▶ About this exercise:
The lines from the start of the data up to and including the one with "const HEADER_LENGTH_AT: usize = 10;" should be returned exactly, and nothing else.

Stored data

--------------------------------------------------

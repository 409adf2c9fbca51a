// HuC code partition directories (CPD): an entry by its name or its index, and its part of the lent blob.
ghost use Rattle.std.specs.Prelude.{◌≡◌, ◌+◌, ◌*◌, ◌≤◌, ◌<◌, ◌^◌, length, MatchOption};
ghost use Rattle.refusal.specs.Numbers.{number_of};
ghost use Rattle.firmware.specs.Bytes.{PartOf, of_located, span};
ghost use Rattle.firmware.specs.Cpd;
ghost use Rattle.firmware.specs.Cpd.{of_directory};
ghost use Rattle.firmware.specs.Private.{entry_judged, of_table, part_judged, table_of, walked};

use crate::bytes::{Located, dword_at, part};
use crate::name::{FRONT_BYTES, NAME_BYTES, front, front_at, key_of};
use refusal::Refusal;

// 'CPD: at least 20 bytes'; nor may the header length be 'below 20'.
const HEADER_MIN: usize = 20;

// 'entry count n is the dword at 4; header length H is the byte at 10'
const COUNT_AT: usize = 4;

const HEADER_LENGTH_AT: usize = 10;

// 'An entry: name 12 bytes (zero padded), offset dword (bits 24:0 count), length dword, 4 reserved bytes.'
pub(crate) const ENTRY_BYTES: usize = 24;

const OFFSET_AT: usize = 12;

const OFFSET_LIMIT: usize = 0x200_0000;

const LENGTH_AT: usize = 16;

// How many entries a directory has.
#[derive(Clone, Copy, Debug, PartialEq, Eq)]
pub struct Directory {
    pub count: usize,
}

// A directory judged: where its entries start and how many they are, and the bytes up to the end of the last.
#[derive(Clone, Copy, Debug, PartialEq, Eq)]
pub(crate) struct Table {
    pub start: usize,
    pub count: usize,
    pub needed: usize,
}

// Why a blob is no directory, with the bytes that the reason asks for.
#[derive(Clone, Copy, Debug, PartialEq, Eq)]
pub(crate) struct NoTable {
    pub refusal: Refusal,
    pub needed: usize,
}

impl From<NoTable> for Refusal {
    ghost from_gives = { λ e r. r ≡ e.refusal };

    fn from(e: NoTable) -> Refusal {
        e.refusal
    }
}

// Where an entry says that its part starts, and how long it is.
#[derive(Clone, Copy, Debug, PartialEq, Eq)]
pub(crate) struct Extent {
    pub start: usize,
    pub len: usize,
}

// Whether the first four bytes are the marker $CPD.
pub(crate) fn has_marker(blob: &[u8]) -> bool
    ensures { result ≡ Cpd.has_marker blob.now }
{
    blob.starts_with(b"$CPD")
}

// Judges the directory itself: 15, 18 and 19.
pub(crate) fn read_table(blob: &[u8]) -> Result<Table, NoTable>
    ensures { of_table result ≡ table_of blob.now }
{
    if blob.len() < HEADER_MIN {
        return Err(NoTable {
            refusal: Refusal::ShortBlob,
            needed: HEADER_MIN,
        });
    }
    let start = usize::from(blob[HEADER_LENGTH_AT]);
    if !(has_marker(blob) & (HEADER_MIN <= start)) {
        return Err(NoTable {
            refusal: Refusal::CpdHeader,
            needed: 0,
        });
    }
    let count = dword_at(blob, COUNT_AT);
    let needed = start + ENTRY_BYTES * count;
    if blob.len() < needed {
        return Err(NoTable {
            refusal: Refusal::CpdEntries,
            needed,
        });
    }
    Ok(Table {
        start,
        count,
        needed,
    })
}

// Whether the twelve bytes of the entry that starts at byte `at` are the key's: the first eight as one number, which
// most entries fail, then the other four. Each is read once.
fn has_key(blob: &[u8], at: usize, key: [u8; NAME_BYTES]) -> bool
    requires { at + 12 ≤ length blob.now }
    ensures { result ≡ Cpd.agrees blob.now key at }
{
    front_at(blob, at) == front_at(&key, 0)
        && dword_at(blob, at + FRONT_BYTES) == dword_at(&key, FRONT_BYTES)
}

// Of `count` entries from byte `start`, the index of the first from entry `from` on whose twelve bytes are the key's;
// where there is none, an index not below `count`. Each byte of a name is read once: the first eight as one number,
// which most entries fail, then one after another.
fn walk(blob: &[u8], start: usize, count: usize, from: usize, key: [u8; NAME_BYTES]) -> usize
    requires { start + 24 * count ≤ length blob.now }
    ensures { result ≡ walked blob.now key start count from }
{
    let first = front(key);
    let mut i = from;
    'entries: loop {
        if count <= i {
            break 'entries i;
        }
        let at = start + ENTRY_BYTES * i;
        if front_at(blob, at) != first {
            i += 1;
            continue 'entries;
        }
        for j in FRONT_BYTES..NAME_BYTES {
            if blob[at + j] != key[j] {
                i += 1;
                continue 'entries;
            }
        }
        break 'entries i;
    }
}

// The index of the first entry of a judged directory from entry `from` on that has the key.
fn found(blob: &[u8], t: Table, from: usize, key: [u8; NAME_BYTES]) -> Option<usize>
    requires { t.start + 24 * t.count ≤ length blob.now }
    ensures { MatchOption result (t.count ≤ walked blob.now key t.start t.count from)
        (λ i. (i ≡ walked blob.now key t.start t.count from) × (i < t.count)) }
{
    let i = walk(blob, t.start, t.count, from, key);
    if i < t.count { Some(i) } else { None }
}

// A part of a blob of n bytes, where an entry says that it lies: 22 where another entry shares the name sought, tested
// before 21.
fn part_located(n: usize, x: Extent, shared: bool) -> Result<Located, Refusal>
    requires { x.start + x.len < 2 ^ 64 }
    ensures { of_located result ≡ part_judged n (span x.start (x.start + x.len)) shared }
{
    if shared {
        return Err(Refusal::DuplicateEntry);
    }
    if n < x.start + x.len {
        return Err(Refusal::CpdBeyond);
    }
    Ok(Located {
        truncated: false,
        start: x.start,
        len: x.len,
    })
}

// The offset and the length in the entry that starts at byte `at`, each read once.
pub(crate) fn extent_at(blob: &[u8], at: usize) -> Extent
    requires { at + 20 ≤ length blob.now }
    ensures { (result.start ≡ Cpd.offset blob.now at) × (result.len ≡ Cpd.size blob.now at)
        × (result.start < 2 ^ 25) × (result.len < 2 ^ 32) }
{
    let start = dword_at(blob, at + OFFSET_AT) % OFFSET_LIMIT;
    let len = dword_at(blob, at + LENGTH_AT);
    Extent { start, len }
}

// Entry i of a judged directory, told whether another entry has the name sought too. The offset and the length that are
// read are what is judged and handed out.
fn entry_located(blob: &[u8], t: Table, i: usize, shared: bool) -> Result<Located, Refusal>
    requires { (of_table (Ok t) ≡ table_of blob.now) × (i < t.count) }
    ensures { of_located result ≡ entry_judged blob.now i shared }
{
    let x = extent_at(blob, t.start + ENTRY_BYTES * i);
    part_located(blob.len(), x, shared)
}

// The one judgement of a name sought in a directory: its number, or where its part lies. The second walk goes on behind
// the entry found, so each entry's name is read at most once. Whether the first found one is asked behind both: asked
// between them, the compiler readies the refusal's zeros at each entry.
pub fn cpd_located(blob: &[u8], name: &[u8]) -> Result<Located, Refusal>
    ensures { of_located result ≡ Cpd.located blob.now name.now }
{
    let key = key_of(name)?;
    let t = read_table(blob)?;
    let i = walk(blob, t.start, t.count, 0, key);
    let behind = i + 1;
    let next = found(blob, t, behind, key);
    if t.count <= i {
        return Err(Refusal::NoEntry);
    }
    entry_located(blob, t, i, next.is_some())
}

// Entry i by its index, for a list of all entries: 20 where there is none. Entries that share a name are told apart by
// their index; a seek of it is refused.
pub fn cpd_entry(blob: &[u8], i: usize) -> Result<Located, Refusal>
    ensures { of_located result ≡ Cpd.entry_located blob.now i }
{
    let t = read_table(blob)?;
    if t.count <= i {
        return Err(Refusal::NoEntry);
    }
    entry_located(blob, t, i, false)
}

// Whether that name may be had, or the reason why not.
pub fn cpd_answer(blob: &[u8], name: &[u8]) -> Result<(), Refusal>
    ensures { number_of result ≡ Cpd.number blob.now name.now }
{
    cpd_located(blob, name)?;
    Ok(())
}

// The part of that name; the empty part at the start on a refusal.
pub fn cpd_part<'a, 'b>(blob: &'a [u8], name: &'b [u8]) -> &'a [u8]
    ensures { PartOf blob.entry (Cpd.part blob.now name.now) result }
{
    part(blob, cpd_located(blob, name))
}

// Whether the blob is a directory, and how many entries it has.
pub fn cpd_directory(blob: &[u8]) -> Result<Directory, Refusal>
    ensures { of_directory result ≡ Cpd.entries_of blob.now }
{
    let t = read_table(blob)?;
    Ok(Directory { count: t.count })
}

// The twelve name bytes of entry i; the empty part at the start where there is no such entry.
pub fn cpd_name(blob: &[u8], i: usize) -> &[u8]
    ensures { PartOf blob.entry (Cpd.name_span blob.now i) result }
{
    let Ok(t) = read_table(blob) else {
        return &blob[..0];
    };
    if t.count <= i {
        return &blob[..0];
    }
    let from = t.start + ENTRY_BYTES * i;
    &blob[from..from + NAME_BYTES]
}

// Whether there is an entry i and it has that name, for telling which entries share one.
pub fn cpd_has_name(blob: &[u8], i: usize, name: &[u8]) -> bool
    ensures { result ≡ Cpd.entry_has blob.now name.now i }
{
    let Ok(key) = key_of(name) else {
        return false;
    };
    let Ok(t) = read_table(blob) else {
        return false;
    };
    i < t.count && has_key(blob, t.start + ENTRY_BYTES * i, key)
}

--------------------------------------------------

▶ Expected answer:
repository 409adf2c9fbca51a
// HuC code partition directories (CPD): an entry by its name or its index, and its part of the lent blob.
ghost use Rattle.std.specs.Prelude.{◌≡◌, ◌+◌, ◌*◌, ◌≤◌, ◌<◌, ◌^◌, length, MatchOption};
ghost use Rattle.refusal.specs.Numbers.{number_of};
ghost use Rattle.firmware.specs.Bytes.{PartOf, of_located, span};
ghost use Rattle.firmware.specs.Cpd;
ghost use Rattle.firmware.specs.Cpd.{of_directory};
ghost use Rattle.firmware.specs.Private.{entry_judged, of_table, part_judged, table_of, walked};

use crate::bytes::{Located, dword_at, part};
use crate::name::{FRONT_BYTES, NAME_BYTES, front, front_at, key_of};
use refusal::Refusal;

// 'CPD: at least 20 bytes'; nor may the header length be 'below 20'.
const HEADER_MIN: usize = 20;

// 'entry count n is the dword at 4; header length H is the byte at 10'
const COUNT_AT: usize = 4;

const HEADER_LENGTH_AT: usize = 10;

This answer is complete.